About this exercise: Copy the material below exactly, but only from the line with "use call::refusal::Refusal;" onward, the final line included.

_ _ _

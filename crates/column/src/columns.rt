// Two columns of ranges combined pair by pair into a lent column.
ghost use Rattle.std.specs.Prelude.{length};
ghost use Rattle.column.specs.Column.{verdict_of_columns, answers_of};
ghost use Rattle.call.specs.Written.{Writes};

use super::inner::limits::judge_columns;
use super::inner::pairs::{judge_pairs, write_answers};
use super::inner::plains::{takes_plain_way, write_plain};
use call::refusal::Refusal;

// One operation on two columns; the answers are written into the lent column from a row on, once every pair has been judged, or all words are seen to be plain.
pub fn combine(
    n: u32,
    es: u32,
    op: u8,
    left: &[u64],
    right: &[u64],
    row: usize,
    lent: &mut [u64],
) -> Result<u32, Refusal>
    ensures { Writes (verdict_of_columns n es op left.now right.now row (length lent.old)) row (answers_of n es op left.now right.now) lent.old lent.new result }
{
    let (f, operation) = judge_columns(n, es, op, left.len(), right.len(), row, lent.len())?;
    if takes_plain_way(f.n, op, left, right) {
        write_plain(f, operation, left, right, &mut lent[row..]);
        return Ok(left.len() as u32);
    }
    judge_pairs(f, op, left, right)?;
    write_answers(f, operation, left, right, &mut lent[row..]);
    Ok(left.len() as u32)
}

_ _ _

Answer section:
use call::refusal::Refusal;

// One operation on two columns; the answers are written into the lent column from a row on, once every pair has been judged, or all words are seen to be plain.
pub fn combine(
    n: u32,
    es: u32,
    op: u8,
    left: &[u64],
    right: &[u64],
    row: usize,
    lent: &mut [u64],
) -> Result<u32, Refusal>
    ensures { Writes (verdict_of_columns n es op left.now right.now row (length lent.old)) row (answers_of n es op left.now right.now) lent.old lent.new result }
{
    let (f, operation) = judge_columns(n, es, op, left.len(), right.len(), row, lent.len())?;
    if takes_plain_way(f.n, op, left, right) {
        write_plain(f, operation, left, right, &mut lent[row..]);
        return Ok(left.len() as u32);
    }
    judge_pairs(f, op, left, right)?;
    write_answers(f, operation, left, right, &mut lent[row..]);
    Ok(left.len() as u32)
}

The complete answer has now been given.